// What is printed of an input of a join.
ghost use Rattle.std.specs.Prelude.{◌≡◌, ◌++◌, drop, IfOk, OnOk, OnErr};
ghost use Rattle.std.specs.List.{flat_map};
ghost use Rattle.pj_cert.specs.Verdicts.{mark_text as mark_bytes, name_of as named, marks_of, step_text, steps_text, more_text, names_text};
ghost use Rattle.pj_cert.specs.Verdicts.{head_text, whole_text, stuck_text, missing_text, unreached_text, reached_text, verdict_of};
ghost use Rattle.pj_shape.specs.Sets.{schemes_of};

use pj_graph::Reach;
use pj_shape::{Cert, CertStep, JoinSpec, Scheme, Schemes};
use pj_value::{Bytes, List, NoMemory};
use std::alloc::Global;

/// Appends the lines of an input of the join with this name: `# safe join J input I: K by + _, ..` with its certificate, or
/// `# unsafe join J input I: cannot reach M` and `# reached: I ..`. On a refusal `out` is as it was.
pub fn verdict_text(
    alloc: Global,
    _spec: &JoinSpec,
    schemes: &Schemes,
    join: &[u8],
    names: &[Bytes],
    input: u32,
    found: &Reach,
    out: &mut List<u8>,
) -> Result<(), NoMemory>
    ensures ok { OnOk result (out.new ≡ out.old ++ verdict_of schemes.now join.now names.now input found.now) }
    ensures err { OnErr result (out.new ≡ out.old) }
{
    let mut text = List::new(alloc);
    append_verdict(schemes, join, names, input, found, &mut text)?;
    out.append(text.as_slice())?;
    Ok(())
}

/// The first line of a stuck input of the join with this name: `# unsafe join J input I: cannot reach M`, with a line feed.
pub fn unreached_line(
    alloc: Global,
    join: &[u8],
    names: &[Bytes],
    input: u32,
    missing: u32,
) -> Result<Bytes, NoMemory>
    ensures { IfOk result (λ line. line ≡ unreached_text join.now names.now input missing) }
{
    let mut line = List::new(alloc);
    append_unreached(join, names, input, missing, &mut line)?;
    Ok(line)
}

/// The second line of a stuck input, with the inputs that it reaches: `# reached: I ..`, with a line feed.
pub fn reached_line(alloc: Global, names: &[Bytes], reached: &[u32]) -> Result<Bytes, NoMemory>
    ensures { IfOk result (λ line. line ≡ reached_text names.now reached.now) }
{
    let mut line = List::new(alloc);
    append_reached(names, reached, &mut line)?;
    Ok(line)
}

fn append_verdict(
    schemes: &Schemes,
    join: &[u8],
    names: &[Bytes],
    input: u32,
    found: &Reach,
    text: &mut List<u8>,
) -> Result<(), NoMemory>
    ensures { OnOk result (text.new ≡ text.old ++ verdict_of schemes.now join.now names.now input found.now) }
{
    match found {
        Reach::All(cert) => append_whole(schemes, join, names, input, cert, text)?,
        Reach::Stuck { reached, missing } => append_stuck(
            join,
            names,
            input,
            reached.as_slice(),
            *missing,
            text,
        )?,
    }
    Ok(())
}

fn append_whole(
    schemes: &Schemes,
    join: &[u8],
    names: &[Bytes],
    input: u32,
    cert: &Cert,
    text: &mut List<u8>,
) -> Result<(), NoMemory>
    ensures { OnOk result (text.new ≡ text.old ++ whole_text schemes.now join.now names.now input cert.now) }
{
    append_head(b"# safe join ", join, name_of(names, input), text)?;
    append_steps(schemes, names, cert, text)?;
    text.append(b"\n")?;
    Ok(())
}

fn append_stuck(
    join: &[u8],
    names: &[Bytes],
    input: u32,
    reached: &[u32],
    missing: u32,
    text: &mut List<u8>,
) -> Result<(), NoMemory>
    ensures { OnOk result (text.new ≡ text.old ++ stuck_text join.now names.now input reached.now missing) }
{
    append_unreached(join, names, input, missing, text)?;
    append_reached(names, reached, text)?;
    Ok(())
}

fn append_unreached(
    join: &[u8],
    names: &[Bytes],
    input: u32,
    missing: u32,
    text: &mut List<u8>,
) -> Result<(), NoMemory>
    ensures { OnOk result (text.new ≡ text.old ++ unreached_text join.now names.now input missing) }
{
    append_head(b"# unsafe join ", join, name_of(names, input), text)?;
    append_missing(name_of(names, missing), text)?;
    Ok(())
}

fn append_missing(name: &[u8], text: &mut List<u8>) -> Result<(), NoMemory>
    ensures { OnOk result (text.new ≡ text.old ++ missing_text name.now) }
{
    text.append(b" cannot reach ")?;
    text.append(name)?;
    text.append(b"\n")?;
    Ok(())
}

fn append_reached(names: &[Bytes], reached: &[u32], text: &mut List<u8>) -> Result<(), NoMemory>
    ensures { OnOk result (text.new ≡ text.old ++ reached_text names.now reached.now) }
{
    text.append(b"# reached:")?;
    append_names(names, reached, text)?;
    text.append(b"\n")?;
    Ok(())
}

fn append_head(word: &[u8], join: &[u8], input: &[u8], text: &mut List<u8>) -> Result<(), NoMemory>
    ensures { OnOk result (text.new ≡ text.old ++ head_text word.now join.now input.now) }
{
    text.append(word)?;
    text.append(join)?;
    text.append(b" input ")?;
    text.append(input)?;
    text.append(b":")?;
    Ok(())
}

fn append_steps(
    schemes: &Schemes,
    names: &[Bytes],
    cert: &Cert,
    text: &mut List<u8>,
) -> Result<(), NoMemory>
    ensures { OnOk result (text.new ≡ text.old ++ steps_text schemes.now names.now cert.now) }
{
    if cert.len() == 0 {
        return Ok(());
    }
    append_step(schemes, names, *cert.at(0), text)?;
    append_more(schemes, names, cert, text)?;
    Ok(())
}

fn append_more(
    schemes: &Schemes,
    names: &[Bytes],
    cert: &Cert,
    text: &mut List<u8>,
) -> Result<(), NoMemory>
    ensures { OnOk result (text.new ≡ text.old ++ more_text schemes.now names.now (drop 1 cert.now)) }
{
    for n in 1..cert.len() {
        text.append(b",")?;
        append_step(schemes, names, *cert.at(n), text)?;
    }
    Ok(())
}

fn append_step(
    schemes: &Schemes,
    names: &[Bytes],
    step: CertStep,
    text: &mut List<u8>,
) -> Result<(), NoMemory>
    ensures { OnOk result (text.new ≡ text.old ++ step_text schemes.now names.now step) }
{
    text.append(b" ")?;
    text.append(name_of(names, step.input))?;
    text.append(b" by")?;
    append_scheme(schemes, step, text)?;
    Ok(())
}

fn append_scheme(schemes: &Schemes, step: CertStep, text: &mut List<u8>) -> Result<(), NoMemory>
    ensures { OnOk result (text.new ≡ text.old ++ flat_map mark_bytes (marks_of schemes.now step)) }
{
    match list_of(schemes, step.input).get(step.scheme as usize) {
        None => {}
        Some(scheme) => append_marks(scheme, text)?,
    }
    Ok(())
}

fn list_of(schemes: &Schemes, input: u32) -> &[Scheme]
    ensures { result.now ≡ schemes_of schemes.now input }
{
    if (input as usize) < schemes.len() {
        schemes.at(input as usize).as_slice()
    } else {
        &[]
    }
}

fn append_marks(scheme: &Scheme, text: &mut List<u8>) -> Result<(), NoMemory>
    ensures { OnOk result (text.new ≡ text.old ++ flat_map mark_bytes scheme.now) }
{
    for column in 0..scheme.len() {
        text.append(mark_text(*scheme.at(column)))?;
    }
    Ok(())
}

fn mark_text(mark: bool) -> &'static [u8]
    ensures { result.now ≡ mark_bytes mark }
{
    if mark { b" +" } else { b" _" }
}

fn append_names(names: &[Bytes], inputs: &[u32], text: &mut List<u8>) -> Result<(), NoMemory>
    ensures { OnOk result (text.new ≡ text.old ++ names_text names.now inputs.now) }
{
    for input in inputs {
        text.append(b" ")?;
        text.append(name_of(names, *input))?;
    }
    Ok(())
}

fn name_of(names: &[Bytes], input: u32) -> &[u8]
    ensures { result.now ≡ named names.now input }
{
    name_at(names, input as usize)
}

/// The name of an input.
pub(crate) fn name_at(names: &[Bytes], input: usize) -> &[u8]
    ensures { result.now ≡ named names.now input }
{
    match names.get(input) {
        None => &[],
        Some(name) => name.as_slice(),
    }
}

===============

### What to work on
What lines in the data above contain the word "Global"? Show them all.

### Solution for this problem
use std::alloc::Global;
    alloc: Global,
    alloc: Global,
pub fn reached_line(alloc: Global, names: &[Bytes], reached: &[u32]) -> Result<Bytes, NoMemory>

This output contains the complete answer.